AMEL: Accumulated Message Effects on LLM Judgments

from arxiv, 19 pages, 14 figures, 6 tables. Single author. Code, data (75,898 deduplicated API responses), and analysis pipeline at https://github.com/chutapp/amel

Large language models are routinely used as automated evaluators: to review code, moderate content, or score outputs, often with many items passing through one conversation. We ask whether the polarity of prior conversation history biases subsequent judgments, an effect we call the accumulated message effect on LLM judgments (AMEL). Across 75,898 API calls to 11 models from 4 providers (OpenAI, Anthropic, Google, and four open-source models), we present identical test items in isolation or following histories saturated with predominantly positive or negative evaluations. Models shift toward the conversation's prevailing polarity (d = -0.17, p < 10^-46). The effect concentrates on items where the model is genuinely uncertain at baseline (d = -0.34 for high-entropy items, vs d = -0.15 when the baseline is deterministic). Bias does not grow with context length: 5 prior turns and 50 produce the same shift (Spearman |r| < 0.01; OLS slope p = 0.80). And there is a negativity asymmetry: paired per item, negative histories induce 1.62x more bias than positive (t = 13.46, p < 10^-39, n = 2,481). Scaling helps but does not solve it (Anthropic: Haiku -0.22 to Opus -0.17; OpenAI: Nano -0.34 to GPT-5.2 -0.17). Three follow-ups narrow the mechanism. The token probability distribution shifts continuously, not at a threshold. The negativity asymmetry has both token-level and semantic components, though attributing the balance is exploratory at our sample sizes. Position does not matter: five biased turns anywhere in a 50-turn history produce the same shift. The simplest fix for evaluation pipelines is a fresh context per item; when batching is unavoidable, balancing the history helps.

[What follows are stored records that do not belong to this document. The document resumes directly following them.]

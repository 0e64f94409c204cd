// The text of notes.
ghost use Rattle.std.specs.Prelude.{◌≡◌, ◌++◌, ◌≤◌, ◌-◌, [], OnOk, flat_map, length, map, string_bytes};
ghost use Rattle.std.specs.List.{All};
ghost use Rattle.explain_lines.specs.Steps.{IsSpotOf};
ghost use Rattle.explain_text.specs.Diagnostics.{IsNoteInside, note_view};
ghost use Rattle.explain_text.specs.Texts.{block_text, code_line, lined_text, note_style, note_text, note_word, placed_text, words_text};
ghost use Rattle.explain_text.specs.Frames.{span_text};

use crate::diagnostics::{Note, NoteLevel};
use crate::frames::push_frame;
use crate::source::Source;
use crate::styles::{Style, push_styled};
use explain_places::{Place, Span};
use std::alloc::{AllocError, Global};

// What a note is called.
fn note_word(level: NoteLevel) -> &'static str
    ensures { result.now ≡ note_word level }
{
    match level {
        NoteLevel::Note => "note",
        NoteLevel::Help => "help",
    }
}

// The style of a note.
fn note_style(level: NoteLevel) -> Style
    ensures { result ≡ note_style level }
{
    match level {
        NoteLevel::Note => Style::Note,
        NoteLevel::Help => Style::Help,
    }
}

// Adds a note of words alone.
pub(crate) fn push_words(
    text: &mut String,
    paint: bool,
    word: &str,
    words: &str,
) -> Result<(), AllocError>
    ensures { OnOk result (string_bytes text.new ≡ string_bytes text.old ++ words_text paint word.now words.now) }
{
    text.push_str("  ")?;
    push_styled(text, paint, Style::Frame, "= ")?;
    push_styled(text, paint, Style::Bold, word)?;
    text.push_str(": ")?;
    text.push_str(words)?;
    text.push_str("\n")?;
    Ok(())
}

// Adds the first line of a note that more lines follow.
fn push_block(
    text: &mut String,
    paint: bool,
    level: NoteLevel,
    words: &str,
) -> Result<(), AllocError>
    ensures { OnOk result (string_bytes text.new ≡ string_bytes text.old ++ block_text paint level words.now) }
{
    push_styled(text, paint, note_style(level), note_word(level))?;
    text.push_str(": ")?;
    text.push_str(words)?;
    text.push_str("\n")?;
    Ok(())
}

// Adds a line of code.
fn push_code_line(text: &mut String, line: &str) -> Result<(), AllocError>
    ensures { OnOk result (string_bytes text.new ≡ string_bytes text.old ++ code_line line.now) }
{
    text.push_str("        ")?;
    text.push_str(line)?;
    text.push_str("\n")?;
    Ok(())
}

// Adds lines of code.
fn push_code(text: &mut String, lines: &[String]) -> Result<(), AllocError>
    ensures { OnOk result (string_bytes text.new
        ≡ string_bytes text.old ++ flat_map code_line (map string_bytes lines.now)) }
{
    for line in lines {
        push_code_line(text, line.as_str())?;
    }
    Ok(())
}

// Adds a note on what stands there.
fn push_marked(
    alloc: Global,
    text: &mut String,
    source: &Source<'_>,
    note: &Note,
    span: &Span,
) -> Result<(), AllocError>
    requires right { All (IsSpotOf source.now.text.now) source.now.spots.now }
    requires within { span.now.from - source.now.mark ≤ length source.now.text.now }
    ensures { OnOk result (string_bytes text.new ≡ string_bytes text.old
        ++ (block_text source.now.paint note.now.level (string_bytes note.now.text)
        ++ span_text source.now.paint (note_style note.now.level) [] source.now.name.now source.now.text.now source.now.mark
        span.now)) }
{
    let style = note_style(note.level);
    push_block(text, source.paint, note.level, note.text.as_str())?;
    push_frame(alloc, text, source, span, style, "")?;
    Ok(())
}

// Adds a note without lines of code.
fn push_placed(
    alloc: Global,
    text: &mut String,
    source: &Source<'_>,
    note: &Note,
) -> Result<(), AllocError>
    requires right { All (IsSpotOf source.now.text.now) source.now.spots.now }
    requires within { IsNoteInside (length source.now.text.now) source.now.mark (note_view note.now) }
    ensures { OnOk result (string_bytes text.new ≡ string_bytes text.old
        ++ placed_text source.now.paint source.now.name.now source.now.text.now source.now.mark
        note.now.level (string_bytes note.now.text) note.now.place) }
{
    match note.place {
        Place::There(span) => push_marked(alloc, text, source, note, &span),
        Place::Nowhere | Place::Lost => push_words(
            text,
            source.paint,
            note_word(note.level),
            note.text.as_str(),
        ),
    }
}

// Adds a note with lines of code.
fn push_lined(
    text: &mut String,
    paint: bool,
    note: &Note,
    lines: &[String],
) -> Result<(), AllocError>
    ensures { OnOk result (string_bytes text.new ≡ string_bytes text.old
        ++ (block_text paint note.now.level (string_bytes note.now.text) ++ flat_map code_line (map string_bytes lines.now))) }
{
    push_block(text, paint, note.level, note.text.as_str())?;
    push_code(text, lines)?;
    Ok(())
}

// Adds a note with these lines of code, if any.
fn push_with(
    alloc: Global,
    text: &mut String,
    source: &Source<'_>,
    note: &Note,
    lines: &[String],
) -> Result<(), AllocError>
    requires right { All (IsSpotOf source.now.text.now) source.now.spots.now }
    requires within { IsNoteInside (length source.now.text.now) source.now.mark (note_view note.now) }
    ensures { OnOk result (string_bytes text.new ≡ string_bytes text.old
        ++ lined_text source.now.paint source.now.name.now source.now.text.now source.now.mark (note_view note.now)
        (map string_bytes lines.now)) }
{
    match lines {
        [] => push_placed(alloc, text, source, note),
        [_, ..] => push_lined(text, source.paint, note, lines),
    }
}

// Adds a note.
fn push_note(
    alloc: Global,
    text: &mut String,
    source: &Source<'_>,
    note: &Note,
) -> Result<(), AllocError>
    requires right { All (IsSpotOf source.now.text.now) source.now.spots.now }
    requires within { IsNoteInside (length source.now.text.now) source.now.mark (note_view note.now) }
    ensures { OnOk result (string_bytes text.new ≡ string_bytes text.old
        ++ note_text source.now.paint source.now.name.now source.now.text.now source.now.mark (note_view note.now)) }
{
    push_with(alloc, text, source, note, note.lines.as_slice())?;
    Ok(())
}

// Adds notes, one after the other.
pub(crate) fn push_notes(
    alloc: Global,
    text: &mut String,
    source: &Source<'_>,
    notes: &[Note],
) -> Result<(), AllocError>
    requires right { All (IsSpotOf source.now.text.now) source.now.spots.now }
    requires within { All (IsNoteInside (length source.now.text.now) source.now.mark) (map note_view notes.now) }
    ensures { OnOk result (string_bytes text.new ≡ string_bytes text.old
        ++ flat_map (note_text source.now.paint source.now.name.now source.now.text.now source.now.mark)
        (map note_view notes.now)) }
{
    for note in notes {
        push_note(alloc, text, source, note)?;
    }
    Ok(())
}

翻译：大型语言模型常被用作自动评估工具：审查代码、审核内容或对输出评分，且通常在一个对话中处理多项内容。我们探究对话历史的情感倾向是否会使后续判断产生偏差，这种效应称为“累积消息对LLM判断的影响”（AMEL）。通过对4家提供商（OpenAI、Anthropic、Google及四个开源模型）的11个模型进行75,898次API调用，我们以孤立形式或在充斥着大量正面或负面评价的历史后呈现相同的测试项。模型结果会向对话的主导情感偏移（d = -0.17, p < 10^-46）。该效应集中于模型基线状态下真正不确定的项上（高熵项d = -0.34，而确定性基线下d = -0.15）。偏差不会随上下文长度增长：5轮历史与50轮历史产生的偏移程度相同（Spearman |r| < 0.01；OLS斜率p = 0.80）。且存在负向不对称性：逐项配对比较时，负面历史引发的偏差是正面历史的1.62倍（t = 13.46, p < 10^-39, n = 2,481）。扩大模型规模可缓解但无法根除该问题（Anthropic：Haiku -0.22至Opus -0.17；OpenAI：Nano -0.34至GPT-5.2 -0.17）。三项后续实验缩小了机制范围：词元概率分布呈连续变化而非阈值突变；负向不对称性兼具词元级和语义级成分，但本样本量下对两者贡献的归因仍属探索性研究；位置无关紧要——50轮历史中任意位置的5轮偏见轮次均产生相同偏移。对评估流水线而言，最简单的修复方案是对每项内容使用全新上下文；当必须批量处理时，平衡历史情感倾向有助于缓解偏差。